As a direct consequence of this, the local HTML file has been successfully transformed into a PDF file.
By using the from url() method of the Python PDFKit module, we are able to change the URL of the website into a PDF file. This is another option for us. Let us look at the following example to see how the same principle applies: Example:
-
import
pdfkit
-
-
# configuring pdfkit to point to our installation of wkhtmltopdf
-
config = pdfkit.configuration(wkhtmltopdf = r
“C:\\Program Files\\wkhtmltopdf\\bin\\wkhtmltopdf.exe”
)
-
-
# converting url to pdf file
-
pdfkit.from_url(
‘https://www.javatpoint.com/tic-tac-toe-in-python’
,
‘output2.pdf’
, configuration = config)
Output:
Explanation: Related:
The necessary module has been imported into the code that was just shown for you. After that, we have used the configuration() method to create a variable that we have referred to as config. This variable contains the address of the execution file that the wkhtmltopdf program uses. The PDFKit module’s from url() method was then used, with the URL, the location where the PDF file was to be placed, and the configuration being the three arguments that were specified for the function.
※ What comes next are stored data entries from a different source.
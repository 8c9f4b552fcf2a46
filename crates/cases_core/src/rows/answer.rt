use crate::rows::values::UpToThree;
use coll_core::{About, Outcome, Phase, Work};
use coll_kinds::Refusal;

/// The answer to a call of a row.
#[derive(Clone, Copy, Debug, PartialEq)]
pub enum CoreAnswer {
    /// The call was accepted, and returned nothing.
    Accepted,
    Refused(Refusal),
    /// The call was refused, and this number of bytes came back.
    Back(Refusal, usize),
    Phase(Phase),
    About(Option<About>),
    /// The request to complete isn't Done.
    Unfinished,
    /// An outcome's place, its start and its values.
    Outcome(u32, u32, UpToThree),
    /// This number of bytes is lent.
    Lent(u64),
    Quiet(bool),
    /// No request was ready.
    Still,
    /// One action was done.
    Moved,
    /// One action was done, a request's last.
    Finished,
    /// A combination of these operands was handed out.
    Out(UpToThree, UpToThree),
    /// This number of actions was done.
    Settled(u64),
    /// No combination is held, none was handed out, or another engine's has another ticket.
    NoWork,
}

impl CoreAnswer {
    pub fn of_outcome(outcome: &Outcome) -> CoreAnswer {
        CoreAnswer::Outcome(
            outcome.place,
            outcome.start,
            UpToThree::of(outcome.bytes.as_slice()),
        )
    }

    pub fn of_work(work: &Work) -> CoreAnswer {
        CoreAnswer::Out(UpToThree::of(work.left()), UpToThree::of(work.right()))
    }

    /// The answer to a call that returns nothing.
    pub fn of_call(outcome: Result<(), Refusal>) -> CoreAnswer {
        match outcome {
            Ok(()) => CoreAnswer::Accepted,
            Err(why) => CoreAnswer::Refused(why),
        }
    }
}
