//! The signatures of the rows.

use coll_kinds::{Datatype, Kind, Mode, Op, Signature};

pub const BARRIER: Signature = Signature {
    kind: Kind::Barrier,
    mode: Mode::Once,
    root: 0,
    op: None,
    ty: Datatype::Byte,
    count: 0,
    each: None,
};

/// A bcast of one i32 value from member 0.
pub const BCAST: Signature = Signature {
    kind: Kind::Bcast,
    mode: Mode::Once,
    root: 0,
    op: None,
    ty: Datatype::I32,
    count: 1,
    each: None,
};

/// An allreduce of one i32 value.
pub const SUM: Signature = Signature {
    kind: Kind::Allreduce,
    mode: Mode::Once,
    root: 0,
    op: Some(Op::Sum),
    ty: Datatype::I32,
    count: 1,
    each: None,
};

pub const SUM_OF_THREE: Signature = Signature { count: 3, ..SUM };

/// An allreduce of 65,536 bytes.
pub const LONG_SUM: Signature = Signature {
    count: 16_384,
    ..SUM
};

pub const LONG_MAX: Signature = Signature {
    op: Some(Op::Max),
    ..LONG_SUM
};

pub const MAX: Signature = Signature {
    op: Some(Op::Max),
    ..SUM
};

pub const LAST: Signature = Signature {
    op: Some(Op::LastNz),
    ..SUM
};

pub const PERSISTENT_SUM: Signature = Signature {
    mode: Mode::Persistent,
    ..SUM
};

pub const PERSISTENT_MAX: Signature = Signature {
    mode: Mode::Persistent,
    ..MAX
};
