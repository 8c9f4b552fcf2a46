use crate::rows::answer::CoreAnswer;
use crate::rows::call::CoreCall;
use crate::rows::setup::{ALONE, CoreSetup, PAIR};
use crate::rows::signatures::{PERSISTENT_SUM, SUM};
use crate::rows::values::UpToThree;
use crate::rows::{CoreRow, assert_answers, first_misfit};
use coll_core::Phase;
use coll_kinds::{ConfigField, Refusal, SignatureFault};

const ANOTHER_RANKS: &[CoreRow] = &[
    (CoreCall::Post(0, SUM, &[1]), CoreAnswer::Accepted),
    (
        CoreCall::Retire(1, 0),
        CoreAnswer::Refused(Refusal::NotYours),
    ),
    (
        CoreCall::Phase(1, 0),
        CoreAnswer::Refused(Refusal::NotYours),
    ),
    (CoreCall::Free(1, 0), CoreAnswer::Refused(Refusal::NotYours)),
    (
        CoreCall::Start(1, 0, &[1]),
        CoreAnswer::Back(Refusal::NotYours, 4),
    ),
    (CoreCall::Phase(0, 0), CoreAnswer::Phase(Phase::Pending)),
    (
        CoreCall::Free(0, 0),
        CoreAnswer::Refused(Refusal::NotPersistent),
    ),
];

#[test]
fn another_ranks_ticket(rt: HostRuntime) {
    assert_answers(&rt, rt.alloc(), &PAIR, ANOTHER_RANKS);
}

const ONE_SLOT: CoreSetup = CoreSetup {
    slots: 1,
    places: 2,
    wear: 1,
    ..ALONE
};

// Request 1 is never made, so its number stands for a ticket of a slot that the engine doesn't have.
const STALE_AND_FULL: &[CoreRow] = &[
    (CoreCall::Post(0, SUM, &[1]), CoreAnswer::Accepted),
    (CoreCall::Rest, CoreAnswer::Accepted),
    (
        CoreCall::Retire(0, 0),
        CoreAnswer::Outcome(0, 0, UpToThree::One(1)),
    ),
    (CoreCall::Retire(0, 0), CoreAnswer::Refused(Refusal::Stale)),
    (
        CoreCall::Post(0, SUM, &[2]),
        CoreAnswer::Back(Refusal::Full, 4),
    ),
    (CoreCall::Retire(0, 1), CoreAnswer::Refused(Refusal::Stale)),
];

#[test]
fn stale_ticket_and_full(rt: HostRuntime) {
    assert_answers(&rt, rt.alloc(), &ONE_SLOT, STALE_AND_FULL);
}

// One communicator more than an engine may have.
const SEVENTEEN: [&[u8]; 17] = [&[0]; 17];

// Setups with two fields out of their ranges, and the first of these fields, which is refused.
const FIRST_MISFITS: [(CoreSetup, ConfigField); 6] = [
    (
        CoreSetup {
            ranks: 65,
            slots: 0,
            ..PAIR
        },
        ConfigField::Ranks,
    ),
    (
        CoreSetup {
            groups: &[&[0, 0]],
            slots: 0,
            ..PAIR
        },
        ConfigField::Groups,
    ),
    (
        CoreSetup {
            slots: 0,
            places: 0,
            ..PAIR
        },
        ConfigField::Slots,
    ),
    (
        CoreSetup {
            places: 0,
            wear: 0,
            ..PAIR
        },
        ConfigField::Places,
    ),
    (
        CoreSetup {
            wear: 0,
            starts: 0,
            ..PAIR
        },
        ConfigField::Wear,
    ),
    (
        CoreSetup {
            starts: 0,
            trace: 1,
            ..PAIR
        },
        ConfigField::Starts,
    ),
];

// Setups with one field out of its range, and that field.
const LONE_MISFITS: [(CoreSetup, ConfigField); 16] = [
    (CoreSetup { ranks: 0, ..PAIR }, ConfigField::Ranks),
    (CoreSetup { ranks: 65, ..PAIR }, ConfigField::Ranks),
    (
        CoreSetup {
            groups: &[],
            ..PAIR
        },
        ConfigField::Groups,
    ),
    (
        CoreSetup {
            groups: &[&[0, 1], &[]],
            ..PAIR
        },
        ConfigField::Groups,
    ),
    (
        CoreSetup {
            groups: &[&[1, 1]],
            ..PAIR
        },
        ConfigField::Groups,
    ),
    (
        CoreSetup {
            groups: &[&[0, 2]],
            ..PAIR
        },
        ConfigField::Groups,
    ),
    (
        CoreSetup {
            groups: &SEVENTEEN,
            ..PAIR
        },
        ConfigField::Groups,
    ),
    (CoreSetup { slots: 0, ..PAIR }, ConfigField::Slots),
    (
        CoreSetup {
            slots: 4_097,
            ..PAIR
        },
        ConfigField::Slots,
    ),
    (CoreSetup { places: 0, ..PAIR }, ConfigField::Places),
    (
        CoreSetup {
            places: 65_537,
            ..PAIR
        },
        ConfigField::Places,
    ),
    (CoreSetup { wear: 0, ..PAIR }, ConfigField::Wear),
    (CoreSetup { starts: 0, ..PAIR }, ConfigField::Starts),
    (
        CoreSetup {
            starts: 1_048_577,
            ..PAIR
        },
        ConfigField::Starts,
    ),
    (CoreSetup { trace: 1, ..PAIR }, ConfigField::Trace),
    (
        CoreSetup {
            trace: 1_048_577,
            ..PAIR
        },
        ConfigField::Trace,
    ),
];

#[test]
fn bad_configs(rt: HostRuntime) {
    for (setup, field) in FIRST_MISFITS.iter().chain(LONE_MISFITS.iter()) {
        let opened = first_misfit(rt.alloc(), setup, &[]);
        assert!(rt;
            opened == Err(Refusal::BadConfig { field: *field }),
            "{field:?}"
        );
    }
}

const WITH_ONE: CoreSetup = CoreSetup {
    groups: &[&[0, 1], &[0]],
    ..PAIR
};

const BAD_COMM: Refusal = Refusal::BadComm { comm: 2 };

const NOT_MEMBER: Refusal = Refusal::NotMember { rank: 1 };

const BAD_MODE: Refusal = Refusal::BadSignature {
    cause: SignatureFault::Mode,
};

const BAD_GROUP: Refusal = Refusal::BadSignature {
    cause: SignatureFault::Group,
};

const TOO_SHORT: Refusal = Refusal::BadLength { want: 4, got: 3 };

const TOO_LONG: Refusal = Refusal::BadLength { want: 4, got: 8 };

const OFFERS: &[CoreRow] = &[
    (
        CoreCall::Offer(0, 2, (SUM, 2, 0), &[1]),
        CoreAnswer::Back(BAD_COMM, 4),
    ),
    (
        CoreCall::Offer(1, 1, (SUM, 2, 1), &[1]),
        CoreAnswer::Back(NOT_MEMBER, 4),
    ),
    (
        CoreCall::Post(0, PERSISTENT_SUM, &[1]),
        CoreAnswer::Back(BAD_MODE, 4),
    ),
    (CoreCall::Init(0, SUM), CoreAnswer::Refused(BAD_MODE)),
    (
        CoreCall::Offer(0, 0, (SUM, 3, 0), &[1]),
        CoreAnswer::Back(BAD_GROUP, 4),
    ),
    (
        CoreCall::Offer(0, 0, (SUM, 2, 1), &[1]),
        CoreAnswer::Back(BAD_GROUP, 4),
    ),
    (
        CoreCall::PostBytes(0, SUM, 3),
        CoreAnswer::Back(TOO_SHORT, 3),
    ),
    (
        CoreCall::Post(0, SUM, &[1, 2]),
        CoreAnswer::Back(TOO_LONG, 8),
    ),
    (CoreCall::Lent, CoreAnswer::Lent(0)),
    (CoreCall::Quiet, CoreAnswer::Quiet(true)),
];

#[test]
fn bad_offers(rt: HostRuntime) {
    assert_answers(&rt, rt.alloc(), &WITH_ONE, OFFERS);
}
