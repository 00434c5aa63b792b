//! The nodes in the body of a tree field.
ghost use Rattle.std.specs.Prelude.{◌≡◌, ℕ, ◌+◌, ◌*◌, ◌<◌, ◌≤◌, length};
ghost use Rattle.format.specs.Judge.{entries, arities, arity, feet_right};
ghost use Rattle.format.specs.Trees.{plain_node};
ghost use Rattle.format.specs.Ends.{freshes, bares};
ghost use Rattle.fields.specs.Reading.{Agrees, judge_nodes};
ghost use Rattle.std.specs.List.{position};
ghost use Rattle.format.specs.Parts.{feet};
ghost use Rattle.format.specs.Keeps.{is_foot};

use crate::field::pair;
use crate::header::Header;
use crate::stop::Stop;
use format::fault::{Refusal, Rule};
use format::node::{Form, Kind, Node};
use std::alloc::Global;

/// A node just read: its subtree's end is not known, and it has no constraint.
fn fresh(kind: Kind, children: u8) -> Node
    ensures { result ≡ plain_node kind children 0 }
{
    Node {
        kind,
        children,
        end: 0,
        constraint: None,
    }
}

/// The nodes of a body in the order of the file, or the first with a bad kind or name.
pub(crate) fn read_nodes(heap: Global, header: Header, body: &[u8]) -> Result<Vec<Node>, Stop>
    ensures { Agrees (judge_nodes (entries header.labels header.words 0 body.now)) (λ v es. v.items ≡ freshes es) result }
{
    let mut nodes = Vec::new(heap);
    let mut rest = body;
    while let [kind, high, low, children, more @ ..] = rest {
        let kind = header.kind(*kind, pair(*high, *low)).ok_or(Refusal {
            rule: Rule::Name,
            node: nodes.len(),
        })?;
        nodes.push(fresh(kind, *children))?;
        rest = more;
    }
    Ok(nodes)
}

/// Whether a node of this kind may have so many children: an inner node 1 to 8, a leaf none.
fn fits(kind: Kind, children: u8) -> bool
    ensures { result ≡ arity kind children }
{
    match kind {
        Kind::Inner(_) => 0 < children && children <= 8,
        Kind::Word(_) | Kind::Empty | Kind::Foot(_) => children == 0,
    }
}

/// Whether each node has as many children as its kind may have.
pub(crate) fn arities(nodes: &[Node]) -> bool
    ensures { result ≡ arities (bares nodes.now) }
{
    nodes.iter().all(|node| fits(node.kind, node.children))
}

/// The first foot among the nodes.
fn first_foot(nodes: &[Node]) -> Option<usize>
    ensures { result ≡ position (λ v. is_foot v.kind) nodes.now }
{
    nodes
        .iter()
        .position(|node| matches!(node.kind, Kind::Foot(_)))
}

/// Whether the feet are right for a tree of this form whose root has the label.
pub(crate) fn feet_right(form: Form, label: u8, nodes: &[Node]) -> bool
    ensures { result ≡ feet_right form label (feet (bares nodes.now)) }
{
    match (form, first_foot(nodes)) {
        (Form::Initial, first) => first.is_none(),
        (Form::Auxiliary, Some(first)) => {
            nodes[first].kind == Kind::Foot(label) && first_foot(&nodes[first + 1..]).is_none()
        }
        (Form::Auxiliary, None) => false,
    }
}
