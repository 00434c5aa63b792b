//! Why the reading of a field stops.
ghost use Rattle.std.specs.Prelude.{◌≡◌};
ghost use Rattle.fields.specs.declared.stop.Stop.TheVariants.{Broken, OutOfMemory};
ghost use Rattle.format.specs.Judge.{refusal};

use format::fault::{Refusal, Rule};
use std::alloc::{AllocError, AllocFailed};

/// The field breaks a rule, or memory is wanting.
#[derive(Clone, Copy, PartialEq, Eq, Debug)]
pub enum Stop {
    Broken(Refusal),
    OutOfMemory,
}

// Two impls by hand: the library's calls fail with errors of two types, and a derived `From` states nothing of what it makes.
impl From<AllocError> for Stop {
    ghost from_gives = { λ _ r. r ≡ OutOfMemory };

    fn from(_e: AllocError) -> Stop {
        Stop::OutOfMemory
    }
}

impl<T: Drop> From<AllocFailed<T>> for Stop {
    ghost from_gives = { λ _ r. r ≡ OutOfMemory };

    fn from(_e: AllocFailed<T>) -> Stop {
        Stop::OutOfMemory
    }
}

/// The rule is broken, at no node of its own.
impl From<Rule> for Stop {
    ghost from_gives = { λ rule r. r ≡ Broken (refusal rule 0) };

    fn from(rule: Rule) -> Stop {
        Stop::Broken(Refusal { rule, node: 0 })
    }
}

impl From<Refusal> for Stop {
    ghost from_gives = { λ refusal r. r ≡ Broken refusal };

    fn from(refusal: Refusal) -> Stop {
        Stop::Broken(refusal)
    }
}
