//! The shape of a tree: child counts make one tree, and each node gets the number past its subtree.
ghost use Rattle.std.specs.Prelude.{◌≡◌, ℕ, ◌+◌, ◌*◌, ◌<◌, ◌≤◌, length};
ghost use Rattle.format.specs.Ends.{past, bares, freshes, Closed};

use format::node::Node;

/// The number past the `count` subtrees that begin at `from`, by their ends; none where fewer begin there.
pub fn past_subtrees(nodes: &[Node], from: usize, count: u8) -> Option<usize>
    ensures { result ≡ past nodes.now count from }
{
    let mut at = from;
    // Each child is found from the one before, so there is no list of children to go through.
    for _child in 0..count {
        at = nodes.get(at)?.end;
    }
    Some(at)
}

/// Gives each node the number past its subtree, from the last node to the first: a node's children are the subtrees that
/// begin right behind it. Answers whether the child counts make exactly one tree.
pub(crate) fn close_subtrees(nodes: &mut [Node]) -> bool
    requires { nodes.old ≡ freshes (bares nodes.old) }
    ensures { Closed (bares nodes.old) nodes.new result }
{
    // By number: a node is written while those behind it are read, and no iterator lends both.
    for i in (0..nodes.len()).rev() {
        let Some(end) = past_subtrees(nodes, i + 1, nodes[i].children) else {
            return false;
        };
        nodes[i].end = end;
    }
    nodes.first().is_some_and(|root| root.end == nodes.len())
}
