//! Fields: one tag byte, two length bytes and the body.
ghost use Rattle.std.specs.Prelude.{◌≡◌, ℕ, ◌+◌, ◌*◌, ◌<◌, ◌≤◌, length};
ghost use Rattle.fields.specs.Cuts.{CutField};
ghost use Rattle.format.specs.Parts.{pair};

/// Two bytes as one number, the high byte first.
pub fn pair(high: u8, low: u8) -> u16
    ensures { result ≡ 256 * high + low }
{
    u16::from_be_bytes([high, low])
}

/// A field: its tag byte and its body, and the bytes behind it.
#[derive(Clone, Copy)]
pub struct Field<'a> {
    pub tag: u8,
    pub body: &'a [u8],
    pub rest: &'a [u8],
}

/// The first field of the bytes, or none where its head or its body is cut short.
pub fn next_field(bytes: &[u8]) -> Option<Field<'_>>
    ensures { CutField bytes.now result }
{
    let [tag, high, low, more @ ..] = bytes else {
        return None;
    };
    let size = usize::from(pair(*high, *low));
    let (body, rest) = more.split_at_checked(size)?;
    Some(Field {
        tag: *tag,
        body,
        rest,
    })
}
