//! Reading fields, and the tree of a tree field.
#![tactic(auto)]

mod body;
pub mod field;
pub mod header;
pub mod shape;
pub mod stop;
pub mod tree;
As a direct consequence of this, the URL was successfully transformed into a PDF file.
In addition, programmers are given the ability to save strings inside PDF files by utilizing the from url() method, which is made available by the PDFKit module. Consider the following illustration of the same thing, which serves as an example: Example:
-
# importing the required module
-
import
pdfkit
-
-
# configuring pdfkit to point to our installation of wkhtmltopdf
-
config = pdfkit.configuration(wkhtmltopdf = r
“C:\\Program Files\\wkhtmltopdf\\bin\\wkhtmltopdf.exe”
)
-
-
my_string =
“”
”
-
<html>
-
<head>
-
<body>
-
<div
class
=
“container”
>
-
<h1>STRING TO PDF</h1>
-
<p>This is my sample string that I wanted to stored in a PDF file</p>
-
</div>
-
</body>
-
</head>
-
</html>
-
“”
”
-
-
# storing string to pdf file
-
pdfkit.from_string(my_string,
‘output3.pdf’
, configuration = config)
Output:
Explanation: Related:
The necessary module has been imported into the code that was just shown for you. After that, we have used the configuration() method to create a variable that we have referred to as config. This variable contains the address of the execution file that the wkhtmltopdf program uses. After that, we have made use of the PDFKit module’s from string() method, during which we specified the arguments as the string variable, the location of the PDF file to be saved, and the settings.
As a direct consequence of this, we have achieved the goal of successfully storing the string inside a PDF file.